▶ **The data**
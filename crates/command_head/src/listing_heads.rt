//! Heads of commands about the words of an automaton.
ghost use Rattle.std.specs.Prelude.{◌≡◌, ◌<◌, ◌+◌, ◌^◌, length, true, MatchResult};
ghost use Rattle.command_head.specs.Parts.{is_name as is_name_part};
ghost use Rattle.command_head.specs.Grammar.{DerivesName, DerivesCount, DerivesPlace};
ghost use Rattle.command_head.specs.HeadViews.{test_view};
ghost use Rattle.command_head.specs.Breaks.{HasHead};
ghost use Rattle.command_head.specs.TestBreaks.{HasTest};
ghost use Rattle.command_head.specs.TestParts.{RefusesCount, RefusesPlace};

use crate::fault::HeadFault;
use crate::head::TestParts;
use crate::kinds::{after_word, at_end, body_in, name_in};
use crate::rest::FirstPart;
use crate::stage::name_of;
use digit_tuple::name::Name;
use place_text::{Place, PlaceFault};
use std::alloc::Global;
use text_grammar::{are_digits, value_within};

/// The name in `WORD NAME`, for a word of the form of a name. Blanks are between the parts.
///
/// # Errors
/// `Syntax` gives the first byte of the first part that does not go on so, or the text's length where it ends too
/// early; `Number` is never given, since no number may be in such a head.
pub fn name_after(alloc: Global, word: &[u8], text: &[u8]) -> Result<Name, HeadFault>
    requires { is_name_part word.now ≡ true }
    ensures { HasHead (DerivesName word.now) (λ name. name) text.now result }
{
    let rest = after_word(word, text)?;
    let part = rest.first_part();
    let name = name_in(&part)?;
    at_end(&part.rest)?;
    name_of(alloc, name)
}

/// The number of words that a part has to be: digits alone.
fn count_in(part: &FirstPart<'_>) -> Result<u64, HeadFault>
    ensures { MatchResult result (DerivesCount part.now.bytes.now) (RefusesCount part.now.bytes.now part.now.at) }
{
    if !are_digits(part.bytes) {
        return Err(HeadFault::Syntax(part.at));
    }
    match value_within(u64::MAX, part.bytes) {
        Some(count) => Ok(count),
        None => Err(HeadFault::Number(part.at)),
    }
}

/// The place in quotes that a part has to be.
fn place_in(alloc: Global, part: &FirstPart<'_>) -> Result<Place, HeadFault>
    requires { part.now.at + length part.now.bytes.now < 2 ^ 64 }
    ensures { MatchResult result (DerivesPlace part.now.bytes.now) (RefusesPlace part.now.bytes.now part.now.at) }
{
    let body = body_in(part)?;
    let begin = part.at + 1;
    match Place::parse(alloc, body) {
        Ok(place) => Ok(place),
        Err(PlaceFault::Syntax(at)) => Err(HeadFault::Syntax(begin + at)),
        Err(PlaceFault::Number(at)) => Err(HeadFault::Number(begin + at)),
        Err(PlaceFault::Memory) => Err(HeadFault::Memory),
    }
}

/// The parts of `test NAME NUM` or `test NAME NUM "PLACE"`. Blanks may be between the parts, and one comes before the name.
/// NUM is digits alone, and less than 2^64; PLACE is as `Place::parse` reads it.
///
/// # Errors
/// `Syntax` gives the first byte of the first part that does not go on so, or the text's length where it ends too early;
/// where this part is a text in quotes that may be a place, the byte in it with which no place goes on, or its closing
/// quote. `Number` gives the first byte of a NUM of 2^64 or more, or of a digit of the place that does not fit 32 bits,
/// signed. The first such part decides.
pub fn test_parts(alloc: Global, text: &[u8]) -> Result<TestParts, HeadFault>
    ensures { HasTest test_view text.now result }
{
    let rest = after_word(b"test", text)?;
    let first = rest.first_part();
    let name = name_in(&first)?;
    let second = first.rest.first_part();
    let count = count_in(&second)?;
    if second.rest.bytes.is_empty() {
        return Ok(TestParts {
            name: name_of(alloc, name)?,
            count,
            place: None,
        });
    }
    let third = second.rest.first_part();
    let place = place_in(alloc, &third)?;
    at_end(&third.rest)?;
    Ok(TestParts {
        name: name_of(alloc, name)?,
        count,
        place: Some(place),
    })
}
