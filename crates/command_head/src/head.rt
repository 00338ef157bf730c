ghost use Rattle.std.specs.Prelude.{◌≡◌, ◌<◌, ◌+◌, ◌^◌};
ghost use Rattle.command_head.specs.Values.{value_at as value_of};

use digit_tuple::name::Name;
use digit_tuple::sets::Sets;
use place_text::Place;

/// What the tracks of a `reg` are over.
#[derive(Drop)]
pub enum Alphabets {
    /// A set for each track.
    Sets(Sets),
    /// A system for each track, by its name.
    Systems(Vec<Name>),
}

/// The parts of a head that is a word, a name and a quoted text.
#[derive(Drop)]
pub struct NamedParts<'a> {
    /// The name.
    pub name: Name,
    /// What is in the quotes.
    pub body: &'a [u8],
}

/// The parts of a `reg`.
#[derive(Drop)]
pub struct RegParts<'a> {
    /// The name of the automaton.
    pub name: Name,
    /// A set or a system for each track.
    pub alphabets: Alphabets,
    /// The expression: what is in the quotes.
    pub body: &'a [u8],
}

/// The parts of a `promote`.
#[derive(Drop)]
pub struct PromoteParts {
    /// The name of the new word.
    pub word: Name,
    /// The name of the morphism.
    pub morphism: Name,
}

/// The parts of a head that maps a word.
#[derive(Drop)]
pub struct ImageParts {
    /// The name of the new word.
    pub word: Name,
    /// The name of what maps the letters: a morphism or a transducer.
    pub mapping: Name,
    /// The name of the old word.
    pub old: Name,
}

/// The parts of a `convert`.
#[derive(Drop)]
pub struct ConvertParts {
    /// The name of the new word.
    pub word: Name,
    /// The name of the new word's system.
    pub system: Name,
    /// The name of the old word.
    pub old: Name,
}

/// The name of an automaton, and the value that is given with it.
#[derive(Drop)]
pub struct ValuedName {
    /// The name.
    pub name: Name,
    /// The value after `=`, where one is given.
    pub value: Option<i32>,
}

impl ValuedName {
    /// The value of the automaton, which is at this place of its list, counted from 0: the one that is given, or the
    /// place counted from 1.
    pub fn value_at(&self, place: usize) -> i32
        requires { place + 1 < 2 ^ 31 }
        ensures { result ≡ value_of place self.now.value }
    {
        match self.value {
            Some(value) => value,
            None => (place + 1) as i32,
        }
    }
}

/// The parts of a `combine`.
#[derive(Drop)]
pub struct CombineParts {
    /// The name of the new word.
    pub word: Name,
    /// The automata in the order in which they are listed, one at least.
    pub automata: Vec<ValuedName>,
}

/// The parts of a head that makes a language of others.
#[derive(Drop)]
pub struct LanguagesParts {
    /// The name of the new automaton.
    pub name: Name,
    /// The names of the automata of the others in the order in which they are listed, one at least.
    pub languages: Vec<Name>,
}

/// The parts of a `test`.
#[derive(Drop)]
pub struct TestParts {
    /// The name of the automaton.
    pub name: Name,
    /// How many words are listed.
    pub count: u64,
    /// The place after which they are listed, where one is given.
    pub place: Option<Place>,
}
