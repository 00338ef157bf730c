ghost use Rattle.std.specs.Prelude.{◌≡◌, ◌<◌, ◌^◌, length, IfOk};
ghost use Rattle.command_head.specs.Readings.{Reads};
ghost use Rattle.command_head.specs.Parts.{first_word_of};
ghost use Rattle.command_head.specs.Heads.{reg_at};
ghost use Rattle.command_head.specs.HeadViews.{alphabets_of, head_view};
ghost use Rattle.command_head.specs.Formed.{AreFormed};

use crate::fault::HeadFault;
use crate::head::RegParts;
use crate::rest::rest_of;
use crate::stage::Stage;
use std::alloc::Global;
use text_grammar::{Class, prefix_len};

/// The first word of a command: its longest prefix without a blank or a quote.
pub fn first_word(text: &[u8]) -> &[u8]
    ensures { result.now ≡ first_word_of text.now }
{
    &text[..prefix_len(Class::Word, text)]
}

/// The parts of a `reg`: `reg NAME {a,b,..} .. "R"` with a set for each track, or `reg NAME SYSTEM .. "R"` with a
/// system for each track. Blanks may be between the parts, and in the braces beside each number and comma. The text is
/// shorter than 2^32 bytes. `Syntax` gives the first byte of the first part that no form continues, or the text's
/// length where it ends too early; `Number` that of a number that does not fit 32 bits, signed. The first such part
/// decides.
#[tactic(auto, unfolding(crate::specs::Heads::reg_at))]
pub fn reg_parts(alloc: Global, text: &[u8]) -> Result<RegParts<'_>, HeadFault>
    requires { length text.now < 2 ^ 32 }
    ensures read { Reads head_view result (reg_at text.now) }
    // There is a track at least. Each set has a member at least, and fewer than the text has bytes, in ascending order;
    // each system has a name of ASCII letters and digits after `msd_` or `lsd_`.
    ensures formed { IfOk result (λ parts. AreFormed (length text.now) (alphabets_of parts.alphabets)) }
{
    let whole = text.len();
    let (word, suffix) = text.split_at(prefix_len(Class::Word, text));
    let mut stage = Stage::AtWord.step(alloc, 0, word)?;
    let mut rest = rest_of(whole, suffix);
    'parts: while !rest.bytes.is_empty() {
        let part = rest.first_part();
        stage = stage.step(alloc, part.at, part.bytes)?;
        rest = part.rest;
    }
    stage.end(whole)
}
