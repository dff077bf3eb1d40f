//! Sources of files and sinks of bytes, which count their faults.
#![tactic(auto)]

ghost use Rattle.std.specs.Prelude.{◌≡◌, ◌+◌, ◌≤◌, ℕ, List, Option, IfOk, length, MatchResult};
ghost use Rattle.vplan_io.specs.Causes.{longest, HasCause, IsWhole, LoadCause, Takes};

mod memory;
mod outside;
mod pieces;

pub use memory::{Shelf, SureShelf, SureTray, Tray};
pub use outside::{Folder, Stream};
pub use pieces::{PIECE, put_text, put_three};
use std::alloc::Global;
use thiserror::Error;

/// The most bytes of a file that is loaded.
pub const LONGEST: usize = 16_777_216;

/// Why a load gives no bytes.
#[derive(Debug, Drop, Error)]
pub enum LoadFault {
    /// The source failed, and counted a fault of that name.
    #[error("the file could not be read")]
    Failed,
    /// The file has more than `LONGEST` bytes.
    #[error("the file is too long")]
    TooLong,
    /// There was no memory for the bytes.
    #[error("out of memory")]
    Memory,
}

/// The one refusal of a sink, which counted a fault.
#[derive(Debug, Drop)]
pub struct Failed;

/// Files by name.
pub trait Files {
    /// The bytes of the file of that name, where they are told.
    ghost told: { Self → List ℕ → Option (List ℕ) };
    /// The count of faults of that name's loads.
    ghost faults: { Self → List ℕ → ℕ };
    /// How many bytes the last load took.
    ghost last: { Self → ℕ };

    /// The bytes of the file of that name.
    fn load(&mut self, alloc: Global, name: &str) -> Result<Vec<u8>, LoadFault>
        ensures told { told self.new ≡ told self.old }
        ensures later { (other : List ℕ) → faults self.old other ≤ faults self.new other }
        ensures short { last self.new ≤ longest + 1 }
        ensures size { IfOk result (λ v. last self.new ≡ length v.items) }
        ensures result { MatchResult result (λ v. IsWhole (told self.old name.now) v.items) (LoadCause (told self.old name.now) (faults self.old name.now) (faults self.new name.now) (last self.new)) };
}

/// What takes bytes one after another.
pub trait Sink {
    /// The bytes taken, where they are told.
    ghost taken: { Self → Option (List ℕ) };
    /// The count of puts that failed.
    ghost faults: { Self → ℕ };

    /// Takes the bytes behind those taken before; where it fails, it has taken the front of them. It takes no memory.
    fn put(&mut self, bytes: &[u8]) -> Result<(), Failed>
        ensures bytes { Takes (taken self.old) (taken self.new) bytes.now result }
        ensures cause { HasCause (faults self.old) (faults self.new) result };
}
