// Files and sinks outside the program. Nothing is told of their content.

ghost use Rattle.std.specs.Prelude.{◌≡◌, ◌+◌, ◌≤◌, ℕ, List, None, vec_len, take, IfOk, OnErr};
ghost use Rattle.std.specs.Io.{ReadsAtMost, WritesAtMost};
ghost use Rattle.std.specs.Io.KnownBytes.{Appends, Keeps};
ghost use Rattle.vplan_io.specs.Causes.{longest, HasCause, Takes, Writes};

use crate::{Failed, Files, LONGEST, LoadFault, Sink};
use std::alloc::Global;
use std::io::{ErrorKind, Read, Write};
use std::{fs, io, rt};

// The most bytes of one read.
const CHUNK: usize = 4096;

// How often a read or a write is tried again where a signal interrupts it.
const RETRIES: u32 = 1000;

/// Real files. A missing file is a fault, and each fault is counted for every name.
#[derive(Drop)]
pub struct Folder<R: rt::Files> {
    rt: R,
    faults: u64,
    last: u64,
}

impl<R: rt::Files> Folder<R> {
    /// The files that the runtime opens, with no fault so far.
    pub fn new(rt: R) -> Folder<R>
        ensures faults { (name : List ℕ) → ⟦<Folder<R> as Files>⟧.faults result name ≡ 0 }
        ensures last { ⟦<Folder<R> as Files>⟧.last result ≡ 0 }
    {
        Folder {
            rt,
            faults: 0,
            last: 0,
        }
    }
}

impl<R: rt::Files> Files for Folder<R> {
    ghost told = { λ _ _. None };

    ghost faults = { λ folder _. folder.faults };

    ghost last = { λ folder. folder.last };

    fn load(&mut self, alloc: Global, name: &str) -> Result<Vec<u8>, LoadFault> {
        let mut bytes = Vec::new(alloc);
        let outcome = read_file(&self.rt, name, &mut bytes);
        self.last = bytes.len() as u64;
        match outcome {
            Ok(()) => {
                if bytes.len() > LONGEST {
                    Err(LoadFault::TooLong)
                } else {
                    Ok(bytes)
                }
            }
            Err(ReadFault::Memory) => Err(LoadFault::Memory),
            Err(ReadFault::Failed) => {
                self.faults = self.faults.saturating_add(1);
                Err(LoadFault::Failed)
            }
        }
    }
}

// Why a file is not read.
#[derive(Debug, Drop)]
enum ReadFault {
    Failed,
    Memory,
}

// Reads the file of that name behind the bytes.
fn read_file<R: rt::Files>(rt: &R, name: &str, bytes: &mut Vec<u8>) -> Result<(), ReadFault>
    requires { vec_len bytes.old ≤ longest + 1 }
    ensures { vec_len bytes.new ≤ longest + 1 }
{
    match fs::open(rt, name) {
        Ok(mut file) => read_from(&mut file, bytes),
        Err(_) => Err(ReadFault::Failed),
    }
}

// Reads to the end, or until there is one byte more than a load may have.
fn read_from<R: Read>(reader: &mut R, bytes: &mut Vec<u8>) -> Result<(), ReadFault>
    requires { vec_len bytes.old ≤ longest + 1 }
    ensures { vec_len bytes.new ≤ longest + 1 }
{
    let mut buf = [0u8; CHUNK];
    while bytes.len() <= LONGEST {
        let room = CHUNK.min(LONGEST + 1 - bytes.len());
        match read_some(reader, &mut buf[..room]) {
            Ok(0) => return Ok(()),
            Ok(n) => {
                if bytes.extend_from_slice(&buf[..n]).is_err() {
                    return Err(ReadFault::Memory);
                }
            }
            Err(_) => return Err(ReadFault::Failed),
        }
    }
    Ok(())
}

// One read, tried again where it is interrupted.
fn read_some<R: Read>(reader: &mut R, buf: &mut [u8]) -> io::Result<usize>
    ensures { ReadsAtMost result buf.new }
{
    for _ in 0..RETRIES {
        match reader.read(buf) {
            Err(fault) if fault.kind() == ErrorKind::Interrupted => {}
            outcome => return outcome,
        }
    }
    reader.read(buf)
}

/// A real stream of output. A write that takes nothing of a piece that isn't empty is a fault.
#[derive(Drop)]
pub struct Stream<W: Write> {
    /// What takes the bytes.
    pub writer: W,
    faults: u64,
}

impl<W: Write> Stream<W> {
    /// The stream over a writer, with no fault so far.
    pub fn new(writer: W) -> Stream<W>
        ensures writer { result.writer ≡ writer }
        ensures faults { ⟦<Stream<W> as Sink>⟧.faults result ≡ 0 }
    {
        Stream { writer, faults: 0 }
    }
}

impl<W: Write> Sink for Stream<W> {
    ghost taken = { λ _. None };

    ghost faults = { λ stream. stream.faults };

    fn put(&mut self, bytes: &[u8]) -> Result<(), Failed>
        ensures bytes { Takes None None bytes.now result }
        ensures cause { HasCause (⟦<Stream<W> as Sink>⟧.faults self.old) (⟦<Stream<W> as Sink>⟧.faults self.new) result }
        ensures written { Writes (W.contents self.old.writer) (W.contents self.new.writer) bytes.now result }
    {
        let outcome = write_whole(&mut self.writer, bytes);
        if outcome.is_err() {
            self.faults = self.faults.saturating_add(1);
        }
        outcome
    }
}

// Writes the bytes, or the front of them.
fn write_whole<W: Write>(writer: &mut W, bytes: &[u8]) -> Result<(), Failed>
    ensures { Writes (W.contents writer.old) (W.contents writer.new) bytes.now result }
{
    let mut done = 0;
    while done < bytes.len() {
        match write_some(writer, &bytes[done..]) {
            Ok(0) => return Err(Failed),
            Ok(n) => done += n,
            Err(_) => return Err(Failed),
        }
    }
    Ok(())
}

// One write, tried again where it is interrupted.
fn write_some<W: Write>(writer: &mut W, bytes: &[u8]) -> io::Result<usize>
    ensures bound { WritesAtMost result bytes.now }
    ensures ok { IfOk result (λ n. Appends (W.contents writer.old) (W.contents writer.new) (take n bytes.now)) }
    ensures err { OnErr result (Keeps (W.contents writer.old) (W.contents writer.new)) }
{
    for _ in 0..RETRIES {
        match writer.write(bytes) {
            Err(fault) if fault.kind() == ErrorKind::Interrupted => {}
            outcome => return outcome,
        }
    }
    writer.write(bytes)
}
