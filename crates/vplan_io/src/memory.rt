// Files and sinks in memory.

ghost use Rattle.std.specs.Prelude.{◌≡◌, ◌≢◌, ◌+◌, ◌<◌, ◌≤◌, ◌↔◌, ℕ, List, [], length, min, None, Some, Err, IsTrue, IsErr, IfOk, OnErr, MatchResult, if◌then◌else◌, string_bytes, vec_capacity, vec_len};
ghost use Rattle.std.specs.Option.{option_map};
ghost use Rattle.vplan_io.specs.Causes.{longest, raised, HasCause, IsWhole, LoadCause, Takes};
ghost use Rattle.vplan_io.specs.Shelves.{file_of, or_empty};

use crate::{Failed, Files, LONGEST, LoadFault, Sink};
use std::alloc::{AllocError, Global};

/// Files in memory, with the numbers of the loads that fail. An absent name is a fault.
#[derive(Drop)]
pub struct Shelf {
    files: Vec<(String, Vec<u8>)>,
    failing: Vec<u64>,
    loads: u64,
    faults: u64,
    last: u64,
}

impl Shelf {
    ghost use Rattle.vplan_io.specs.Memory.{told_by_shelf, failing_loads, loads_made, shelf_faults, shelf_last};

    /// A shelf of these files, the first of each name. Its loads are counted from 1, and those in `failing` fail.
    pub fn new(files: Vec<(String, Vec<u8>)>, failing: Vec<u64>) -> Shelf
        ensures told { told_by_shelf result ≡ file_of string_bytes (λ v. v.items) files.items }
        ensures failing { failing_loads result ≡ failing.items }
        ensures loads { loads_made result ≡ 0 }
        ensures faults { shelf_faults result ≡ 0 }
        ensures last { shelf_last result ≡ 0 }
    {
        Shelf {
            files,
            failing,
            loads: 0,
            faults: 0,
            last: 0,
        }
    }
}

impl Files for Shelf {
    ghost use Rattle.vplan_io.specs.Memory.{told_by_shelf, failing_loads, loads_made, shelf_faults, shelf_last, load_fails};

    ghost told = { told_by_shelf };

    ghost faults = { λ shelf _. shelf_faults shelf };

    ghost last = { shelf_last };

    fn load(&mut self, alloc: Global, name: &str) -> Result<Vec<u8>, LoadFault>
        ensures told { told_by_shelf self.new ≡ told_by_shelf self.old }
        ensures later { (_ : List ℕ) → shelf_faults self.old ≤ shelf_faults self.new }
        ensures short { shelf_last self.new ≤ longest + 1 }
        ensures size { IfOk result (λ v. shelf_last self.new ≡ length v.items) }
        ensures result { MatchResult result (λ v. IsWhole (told_by_shelf self.old name.now) v.items) (LoadCause (told_by_shelf self.old name.now) (shelf_faults self.old) (shelf_faults self.new) (shelf_last self.new)) }

        // The numbers in `failing` and the absent names are all that fails, and each is counted once.
        ensures failing { failing_loads self.new ≡ failing_loads self.old }
        ensures loads { loads_made self.new ≡ raised (loads_made self.old) }
        ensures failed { (result ≡ Err LoadFault.Failed) ↔ IsTrue (load_fails self.old name.now) }
        ensures faults { shelf_faults self.new ≡ (if load_fails self.old name.now then raised (shelf_faults self.old) else shelf_faults self.old) }
    {
        self.loads = self.loads.saturating_add(1);
        if self.failing.contains(&self.loads) {
            self.faults = self.faults.saturating_add(1);
            self.last = 0;
            return Err(LoadFault::Failed);
        }
        match find(self.files.as_slice(), name) {
            None => {
                self.faults = self.faults.saturating_add(1);
                self.last = 0;
                Err(LoadFault::Failed)
            }
            Some(bytes) => {
                self.last = length_taken(bytes.as_slice());
                copied(alloc, bytes.as_slice())
            }
        }
    }
}

// The bytes of the first file of that name.
fn find<'a>(files: &'a [(String, Vec<u8>)], name: &str) -> Option<&'a Vec<u8>>
    ensures { option_map (λ v. v.now.items) result ≡ file_of string_bytes (λ v. v.items) files.now name.now }
{
    for file in files {
        if file.0.as_str() == name {
            return Some(&file.1);
        }
    }
    None
}

// How many bytes of a file a load takes.
fn length_taken(bytes: &[u8]) -> u64
    ensures { result ≡ min (length bytes.now) (longest + 1) }
{
    bytes.len().min(LONGEST + 1) as u64
}

// A copy of the bytes, if a load may give so many.
fn copied(alloc: Global, bytes: &[u8]) -> Result<Vec<u8>, LoadFault>
    ensures copy { IfOk result (λ v. v.items ≡ bytes.now) }
    ensures long { (result ≡ Err LoadFault.TooLong) ↔ (longest < length bytes.now) }
    ensures refused { result ≢ Err LoadFault.Failed }
{
    if bytes.len() > LONGEST {
        return Err(LoadFault::TooLong);
    }
    match Vec::from_slice(alloc, bytes) {
        Ok(copy) => Ok(copy),
        Err(_) => Err(LoadFault::Memory),
    }
}

/// Files in memory that never fail. An absent name is the empty file.
#[derive(Drop)]
pub struct SureShelf {
    files: Vec<(String, Vec<u8>)>,
    last: u64,
}

impl SureShelf {
    ghost use Rattle.vplan_io.specs.Memory.{told_by_sure_shelf};

    /// A shelf of these files, the first of each name.
    pub fn new(files: Vec<(String, Vec<u8>)>) -> SureShelf
        ensures { (name : List ℕ) → told_by_sure_shelf result name ≡ Some (or_empty (file_of string_bytes (λ v. v.items) files.items name)) }
    {
        SureShelf { files, last: 0 }
    }
}

impl Files for SureShelf {
    ghost use Rattle.vplan_io.specs.Memory.{told_by_sure_shelf};

    ghost told = { told_by_sure_shelf };

    ghost faults = { λ _ _. 0 };

    ghost last = { λ shelf. shelf.last };

    fn load(&mut self, alloc: Global, name: &str) -> Result<Vec<u8>, LoadFault> {
        match find(self.files.as_slice(), name) {
            None => {
                self.last = 0;
                Ok(Vec::new(alloc))
            }
            Some(bytes) => {
                self.last = length_taken(bytes.as_slice());
                copied(alloc, bytes.as_slice())
            }
        }
    }
}

/// A sink in memory, with the numbers of the puts that fail and take nothing.
#[derive(Drop)]
pub struct Tray {
    bytes: Vec<u8>,
    room: usize,
    failing: Vec<u64>,
    puts: u64,
    faults: u64,
    ghost held: { vec_len bytes ≤ room },
    ghost backed: { room ≤ vec_capacity bytes },
}

impl Tray {
    ghost use Rattle.vplan_io.specs.Memory.{tray_bytes, tray_room, failing_puts, puts_made, tray_faults};

    /// A tray with room for so many bytes. Its puts are counted from 1, and those in `failing` fail.
    pub fn with_room(alloc: Global, room: usize, failing: Vec<u64>) -> Result<Tray, AllocError>
        ensures bytes { IfOk result (λ tray. tray_bytes tray ≡ []) }
        ensures room { IfOk result (λ tray. tray_room tray ≡ room) }
        ensures failing { IfOk result (λ tray. failing_puts tray ≡ failing.items) }
        ensures puts { IfOk result (λ tray. puts_made tray ≡ 0) }
        ensures faults { IfOk result (λ tray. tray_faults tray ≡ 0) }
    {
        let bytes = Vec::with_capacity(alloc, room)?;
        Ok(Tray {
            bytes,
            room,
            failing,
            puts: 0,
            faults: 0,
        })
    }

    /// The bytes that it took.
    pub fn bytes(&self) -> &[u8]
        ensures { result.now ≡ tray_bytes self.now }
    {
        self.bytes.as_slice()
    }
}

impl Sink for Tray {
    ghost use Rattle.vplan_io.specs.Memory.{tray_bytes, tray_room, failing_puts, puts_made, tray_faults, put_fails};

    ghost taken = { λ tray. Some (tray_bytes tray) };

    ghost faults = { tray_faults };

    fn put(&mut self, bytes: &[u8]) -> Result<(), Failed>
        ensures bytes { Takes (Some (tray_bytes self.old)) (Some (tray_bytes self.new)) bytes.now result }
        ensures cause { HasCause (tray_faults self.old) (tray_faults self.new) result }

        // The numbers in `failing` and want of room are all that fails, and such a put takes nothing.
        ensures room { tray_room self.new ≡ tray_room self.old }
        ensures failing { failing_puts self.new ≡ failing_puts self.old }
        ensures puts { puts_made self.new ≡ raised (puts_made self.old) }
        ensures failed { IsErr result ↔ IsTrue (put_fails self.old bytes.now) }
        ensures nothing { OnErr result (tray_bytes self.new ≡ tray_bytes self.old) }
        ensures faults { tray_faults self.new ≡ (if put_fails self.old bytes.now then raised (tray_faults self.old) else tray_faults self.old) }
    {
        self.puts = self.puts.saturating_add(1);
        let fails = self.failing.contains(&self.puts) || self.room - self.bytes.len() < bytes.len();
        if fails || self.bytes.extend_from_slice(bytes).is_err() {
            self.faults = self.faults.saturating_add(1);
            return Err(Failed);
        }
        Ok(())
    }
}

/// A sink that takes everything, drops it and tells nothing.
#[derive(Drop)]
pub struct SureTray;

impl SureTray {
    /// A sink with no fault, now and ever.
    pub fn new() -> SureTray
        ensures told { ⟦<SureTray as Sink>⟧.taken result ≡ None }
        ensures faults { ⟦<SureTray as Sink>⟧.faults result ≡ 0 }
    {
        SureTray
    }
}

impl Sink for SureTray {
    ghost taken = { λ _. None };

    ghost faults = { λ _. 0 };

    fn put(&mut self, _bytes: &[u8]) -> Result<(), Failed> {
        Ok(())
    }
}
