// A text put in pieces.

ghost use Rattle.std.specs.Prelude.{◌≡◌, ◌++◌, []};
ghost use Rattle.vplan_io.specs.Causes.{HasCause, Takes};

use crate::{Failed, Sink};

/// The most bytes of one put.
pub const PIECE: usize = 4096;

/// Puts a text in pieces of `PIECE` bytes, the last one shorter; an empty text is no put.
pub fn put_text<S: Sink>(sink: &mut S, text: &[u8]) -> Result<(), Failed>
    ensures bytes { Takes (S.taken sink.old) (S.taken sink.new) text.now result }
    ensures cause { HasCause (S.faults sink.old) (S.faults sink.new) result }
    ensures none { text.now ≡ [] → sink.new ≡ sink.old }
{
    let mut done = 0;
    while done < text.len() {
        let end = done + PIECE.min(text.len() - done);
        sink.put(&text[done..end])?;
        done = end;
    }
    Ok(())
}

/// Puts three texts, one behind the other; where one fails, no later one is put.
pub fn put_three<S: Sink>(
    sink: &mut S,
    first: &[u8],
    middle: &[u8],
    last: &[u8],
) -> Result<(), Failed>
    ensures bytes { Takes (S.taken sink.old) (S.taken sink.new) (first.now ++ middle.now ++ last.now) result }
    ensures cause { HasCause (S.faults sink.old) (S.faults sink.new) result }
    ensures none { first.now ++ middle.now ++ last.now ≡ [] → sink.new ≡ sink.old }
{
    put_text(sink, first)?;
    put_text(sink, middle)?;
    put_text(sink, last)
}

▶ **Task to carry out**
Filter the lines above, keeping each one that contains the string "numbers".

▶ **Written solution**
/// Files in memory, with the numbers of the loads that fail. An absent name is a fault.
        // The numbers in `failing` and the absent names are all that fails, and each is counted once.
/// A sink in memory, with the numbers of the puts that fail and take nothing.
        // The numbers in `failing` and want of room are all that fails, and such a put takes nothing.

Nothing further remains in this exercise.